Cronos Group Inc. (PRMCF), another Toronto-based cannabis company also delivered its second quarter results. Sales increased 25% sequentially with Cronos reporting $643,000 in revenue over last quarter’s $514,000. The company recorded positive net income of $174,879. The cost of goods sold dropped to $2.18 per gram and management said it expected the costs to continue to decline as two additional facilities ramp up production.
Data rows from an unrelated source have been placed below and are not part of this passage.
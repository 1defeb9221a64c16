//! Leases of a run: keys that expire, between openings and frames.
ghost use Rattle.std.specs.Prelude.{◌≤◌};

use crate::server::{Ending, LOG, NO_PAIR, PAIR, PUT_C, READ, WRITTEN, is_joined, link_of, run_by};
use den_codec::{RaftNodeConfig, SoloConfig};
use den_disk::{ListClock, MemDisk};
use den_tests::Pieces;
use std::alloc::Global;
use std::test::Fail;

// Puts of a = b with a time to live of one second, and of the most seconds.
const PUT_FOR_ONE: &[u8] =
    b"\0\0\0\0\0\0\0\x20\x01\0\0\0\x01\x01\0\0\0\0\0\0\0\x01a\0\0\0\0\0\0\0\x01b\0\0\0\0\0\0\0\x01";

const PUT_FOR_EVER: &[u8] =
    b"\0\0\0\0\0\0\0\x20\x01\0\0\0\x01\x01\0\0\0\0\0\0\0\x01a\0\0\0\0\0\0\0\x01b\xff\xff\xff\xff\xff\xff\xff\xff";
// A log of one entry at moment 1000: a put of a = b with a time to live of one second.
const LOG_FOR_ONE: &[u8] =
    b"\x01\0\0\0\0\0\0\0\x3d\x01\0\0\0\0\0\0\0\x01\0\0\0\0\0\0\0\x01\0\0\0\0\0\0\0\x01\0\0\0\0\0\0\x03\xe8\x01\0\0\0\0\0\0\0\x01a\0\0\0\0\0\0\0\x01b\x01\0\0\0\0\0\0\0\x01";

// The default configuration with leases, and with so many milliseconds between two cleanups.
pub(crate) fn with_leases(alloc: Global, interval: u64) -> Result<SoloConfig, Fail>
    requires { 1 ≤ interval }
{
    let mut config = RaftNodeConfig::standard(alloc)?;
    config.raft.lease.enabled = true;
    config.raft.lease.cleanup_interval_ms = interval;
    Ok(config.solo()?)
}

// Whether a run with leases at these readings ends well and has sent this.
fn sends_at(
    alloc: Global,
    disk: &mut MemDisk,
    config: &SoloConfig,
    readings: &[u64],
    input: Pieces,
    sent: Pieces,
) -> Result<bool, Fail> {
    let mut link = link_of(alloc, input, &[])?;
    let mut clock = ListClock::new(readings.to_vec(alloc)?);
    let ended = run_by(alloc, disk, &mut link, &mut clock, config);
    Ok(ended == Ending::Well && is_joined(link.sent(), sent))
}

// The same over a folder whose log has these bytes.
fn expires(
    alloc: Global,
    log: &[u8],
    interval: u64,
    readings: &[u64],
    input: Pieces,
    sent: Pieces,
) -> Result<bool, Fail>
    requires { 1 ≤ interval }
{
    let config = with_leases(alloc, interval)?;
    let mut disk = MemDisk::new(alloc);
    disk.set(LOG, log)?;
    sends_at(alloc, &mut disk, &config, readings, input, sent)
}

// A lease ends at its moment and not before, also at the greatest; a put without a time to live keeps an older expiry.
#[test]
fn leases_end(rt: HostRuntime) -> Result<(), Fail> {
    let cases: [(&[u64], Pieces, Pieces); 3] = [
        (
            &[1000, 1000, 1999, 2000],
            &[PUT_FOR_ONE, READ, READ],
            &[WRITTEN, PAIR, NO_PAIR],
        ),
        (
            &[1000, 1000, u64::MAX - 1, u64::MAX],
            &[PUT_FOR_EVER, READ, READ],
            &[WRITTEN, PAIR, NO_PAIR],
        ),
        (
            &[1000, 1000, 1500, 3000],
            &[PUT_FOR_ONE, PUT_C, READ],
            &[WRITTEN, WRITTEN, NO_PAIR],
        ),
    ];
    for (readings, input, sent) in cases {
        assert!(rt;
            expires(rt.alloc(), b"", 1, readings, input, sent)?,
            "at {readings:?}"
        );
    }
    Ok(())
}

// An entry that the map lacks expires by its own moment, and goes at the opening where it is due.
#[test]
fn leases_end_at_the_opening(rt: HostRuntime) -> Result<(), Fail> {
    let cases: [(&[u64], Pieces); 2] = [(&[1999, 1999], &[PAIR]), (&[2000, 2000], &[NO_PAIR])];
    for (readings, sent) in cases {
        assert!(rt;
            expires(rt.alloc(), LOG_FOR_ONE, 1000, readings, &[READ], sent)?,
            "at {readings:?}"
        );
    }
    Ok(())
}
“It’s been less than a year since Cronos acquired Peace and we’re just beginning to see the results of the work we’ve put in.  I expect Q3 to be the most successful quarter in our company’s history, and I have no doubt that that momentum will continue into 2018 and beyond,” says Mike Gorenstein, Cronos Group CEO.

Cronos also noted that during the quarter it repaid a $4m mortgage to Romspen Investment Corp., which in turn provided $40 million to fund ongoing expansion efforts. The stock moved higher by two cents to trade lately at $1.86.